Copy out every line of the data that has the word "joined" somewhere in it.
***
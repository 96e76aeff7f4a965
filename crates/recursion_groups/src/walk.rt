ghost use Rattle.std.specs.Prelude.{◌≡◌, ◌<◌, ◌≤◌, ◌^◌, ◌∷◌, [], List, length, reverse, MatchOption, OnOk, IfOk};
ghost use Rattle.std.specs.List.{All};
ghost use Rattle.recursion_groups.specs.Walks.{mark_of, at_first, with_pending, added, entered, unbound, joined, AreMarked, IsClosed, IsFirst, NoneAbove, IsAbove, IsWalk, KeepsMet, Advances, AreWithin, IsMet, Meets, class_of, classed, AreClasses};
ghost use Rattle.recursion_groups.specs.declared.walk.Pending.{Pending};

use c_tree::Memory;
use flow_graph::Numbers;
use std::alloc::Global;
use std::marker::Model;

/// How far a walk has come with a procedure.
#[derive(Clone, Copy, Drop)]
pub(crate) enum Mark {
    /// It was not met yet.
    New,
    /// It stands at this place of the stack.
    Open(usize),
    /// It is in the class of this number.
    Done(u32),
}

/// A call that was not followed yet.
#[derive(Clone, Copy, Drop)]
pub(crate) struct Pending {
    /// The place of its caller in the stack.
    pub place: usize,
    pub to: u32,
}

/// A walk along calls that finds the classes of procedures that reach one another.
#[derive(Drop)]
pub(crate) struct Walk {
    marks: Vec<Mark>,
    /// The procedures that were met and are in no class yet: each reaches those behind it.
    stack: Vec<u32>,
    /// The places of the stack where a segment begins. Those of one segment reach one another.
    bounds: Vec<usize>,
    /// The calls of those of the stack that were not followed yet.
    pending: Vec<Pending>,
    /// A procedure of each class.
    firsts: Vec<u32>,
}

impl Model for Walk {
    ghost use Rattle.recursion_groups.specs.Walks.{Walked};
    ghost use Rattle.std.specs.Prelude.{reverse};

    ghost Value = { Walked };

    ghost view = { λ w. record {
      marks = w.marks.items;
      stack = w.stack.items;
      bounds = reverse w.bounds.items;
      pending = reverse w.pending.items;
      firsts = w.firsts.items;
    } };
}

/// Puts these procedures into a class.
fn mark_done(marks: &mut [Mark], members: &[u32], class: u32)
    requires { All (λ p. p < length marks.old) members.now }
    ensures { AreMarked members.now class marks.old marks.new }
{
    for proc in members {
        marks[*proc as usize] = Mark::Done(class);
    }
}

/// Adds the calls of the procedure at a place of the stack.
fn add_calls(pending: &mut Vec<Pending>, place: usize, calls: &[u32]) -> Result<(), Memory>
    ensures { OnOk result (reverse pending.new.items ≡ added place calls.now (reverse pending.old.items)) }
{
    for to in calls {
        pending.push(Pending { place, to: *to })?;
    }
    Ok(())
}

/// Takes away the bounds above a place.
fn unbind(bounds: &mut Vec<usize>, place: usize)
    ensures { reverse bounds.new.items ≡ unbound place (reverse bounds.old.items) }
{
    while let Some(bound) = bounds.last() {
        if *bound <= place {
            return;
        }
        let _ = bounds.pop();
    }
}

impl Walk {
    /// A walk that has not begun.
    fn new(alloc: Global, count: usize) -> Result<Walk, Memory>
        ensures { IfOk result (λ w. w ≡ at_first count) }
    {
        let marks = vec![in alloc; Mark::New; count]?;
        Ok(Walk {
            marks,
            stack: Vec::new(alloc),
            bounds: Vec::new(alloc),
            pending: Vec::new(alloc),
            firsts: Vec::new(alloc),
        })
    }

    /// How far the walk has come with a procedure.
    fn mark(&self, proc: u32) -> Mark
        requires { proc < length self.now.marks }
        ensures { result ≡ mark_of self.now.marks proc }
    {
        self.marks[proc as usize]
    }

    /// Where the last segment begins.
    fn bound(&self) -> Option<usize>
        ensures { MatchOption result (self.now.bounds ≡ []) (IsFirst self.now.bounds) }
    {
        let bound = self.bounds.last()?;
        Some(*bound)
    }

    /// The call that was met last and not followed.
    fn call(&self) -> Option<Pending>
        ensures { MatchOption result (self.now.pending ≡ []) (IsFirst self.now.pending) }
    {
        let call = self.pending.last()?;
        Some(*call)
    }

    /// The same, where its caller is in the last segment, which begins there.
    fn call_above(&self, bound: usize) -> Option<Pending>
        ensures { MatchOption result (NoneAbove self.now.pending bound) (IsAbove self.now.pending bound) }
    {
        let call = self.call()?;
        if call.place < bound {
            return None;
        }
        Some(call)
    }

    /// Takes away that call.
    fn drop_call(&mut self)
        ensures { (call : Pending) → (rest : List Pending) → self.old.pending ≡ call ∷ rest → self.new ≡ with_pending self.old rest }
    {
        let _ = self.pending.pop();
    }

    /// Meets a procedure: it is a segment of its own for now.
    fn enter(&mut self, proc: u32, calls: &[u32]) -> Result<(), Memory>
        requires { proc < length self.old.marks }
        ensures { OnOk result (self.new ≡ entered self.old proc calls.now) }
    {
        let place = self.stack.len();
        self.marks[proc as usize] = Mark::Open(place);
        self.stack.push(proc)?;
        self.bounds.push(place)?;
        add_calls(&mut self.pending, place, calls)
    }

    /// Joins the segments from this place on.
    fn join(&mut self, place: usize)
        ensures { self.new ≡ joined self.old place }
    {
        unbind(&mut self.bounds, place);
    }

    /// Makes a class of the last segment, which begins there.
    fn close(&mut self, bound: usize) -> Result<(), Memory>
        requires bound { bound < length self.old.stack }
        requires within { All (λ p. p < length self.old.marks) self.old.stack }
        requires few { length self.old.firsts < 2 ^ 32 }
        ensures { OnOk result (IsClosed bound self.old self.new) }
    {
        let class = self.firsts.len() as u32;
        self.firsts.push(self.stack[bound])?;
        mark_done(&mut self.marks, &self.stack[bound..], class);
        self.stack.truncate(bound);
        let _ = self.bounds.pop();
        Ok(())
    }

    /// Follows a call, or makes a class of the last segment, which begins at this bound, where its calls were followed.
    fn advance(&mut self, calls: &[Numbers], bound: usize) -> Result<(), Memory>
        requires within { AreWithin calls.now }
        requires few { length calls.now < 2 ^ 32 }
        requires walk { IsWalk calls.now self.old }
        requires bound { IsFirst self.old.bounds bound }
        ensures { OnOk result (Advances calls.now self.old self.new) }
    {
        let Some(call) = self.call_above(bound) else {
            return self.close(bound);
        };
        self.drop_call();
        match self.mark(call.to) {
            Mark::New => {
                let called = &calls[call.to as usize];
                self.enter(call.to, &called.items)?;
            }
            Mark::Open(place) => self.join(place),
            Mark::Done(_) => {}
        }
        Ok(())
    }

    /// Walks on until all that was met is in a class.
    fn finish(&mut self, calls: &[Numbers]) -> Result<(), Memory>
        requires within { AreWithin calls.now }
        requires few { length calls.now < 2 ^ 32 }
        requires walk { IsWalk calls.now self.old }
        ensures walk { OnOk result (IsWalk calls.now self.new) }
        ensures end { OnOk result (self.new.bounds ≡ []) }
        ensures done { OnOk result (KeepsMet self.old self.new) }
    {
        while let Some(bound) = self.bound() {
            self.advance(calls, bound)?;
        }
        Ok(())
    }

    /// Meets a procedure unless it was met, where nothing is open.
    fn enter_new(&mut self, calls: &[Numbers], root: u32) -> Result<(), Memory>
        requires walk { IsWalk calls.now self.old }
        requires rest { self.old.bounds ≡ [] }
        requires root { root < length calls.now }
        ensures { OnOk result (Meets calls.now root self.old self.new) }
    {
        let Mark::New = self.mark(root) else {
            return Ok(());
        };
        let called = &calls[root as usize];
        self.enter(root, &called.items)
    }

    /// Walks from a procedure where it was not met.
    fn walk_from(&mut self, calls: &[Numbers], root: u32) -> Result<(), Memory>
        requires within { AreWithin calls.now }
        requires few { length calls.now < 2 ^ 32 }
        requires walk { IsWalk calls.now self.old }
        requires rest { self.old.bounds ≡ [] }
        requires root { root < length calls.now }
        ensures walk { OnOk result (IsWalk calls.now self.new) }
        ensures end { OnOk result (self.new.bounds ≡ []) }
        ensures met { OnOk result (KeepsMet self.old self.new) }
        ensures root { OnOk result (IsMet self.new root) }
    {
        self.enter_new(calls, root)?;
        self.finish(calls)
    }

    /// The classes, where each procedure is in one.
    fn into_classes(self, alloc: Global) -> Result<Classes, Memory>
        ensures { IfOk result (λ classes. classes ≡ classed self) }
    {
        let of = self.marks.iter().map(|mark| number(*mark)).collect(alloc)?;
        Ok(Classes {
            of,
            count: self.firsts.len(),
        })
    }
}

/// The number of a class; 0 where there is none.
fn number(mark: Mark) -> u32
    ensures { result ≡ class_of mark }
{
    match mark {
        Mark::New | Mark::Open(_) => 0,
        Mark::Done(class) => class,
    }
}

/// The classes of procedures that reach one another.
#[derive(Drop)]
pub(crate) struct Classes {
    /// The class of each procedure.
    pub of: Vec<u32>,
    pub count: usize,
}

impl Model for Classes {
    ghost use Rattle.recursion_groups.specs.Walks.{Classed};

    ghost Value = { Classed };

    ghost view = { λ c. record { of = c.of.items; count = c.count } };
}

/// The classes of the procedures that have these lists of what they call. A called class has the lower number.
pub(crate) fn find_classes(alloc: Global, calls: &[Numbers]) -> Result<Classes, Memory>
    requires within { AreWithin calls.now }
    requires few { length calls.now < 2 ^ 32 }
    ensures { IfOk result (AreClasses calls.now) }
{
    let mut walk = Walk::new(alloc, calls.len())?;
    for root in 0..calls.len() as u32 {
        walk.walk_from(calls, root)?;
    }
    walk.into_classes(alloc)
}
***
RESULT OF THE TASK.
ghost use Rattle.recursion_groups.specs.Walks.{mark_of, at_first, with_pending, added, entered, unbound, joined, AreMarked, IsClosed, IsFirst, NoneAbove, IsAbove, IsWalk, KeepsMet, Advances, AreWithin, IsMet, Meets, class_of, classed, AreClasses};
        ensures { self.new ≡ joined self.old place }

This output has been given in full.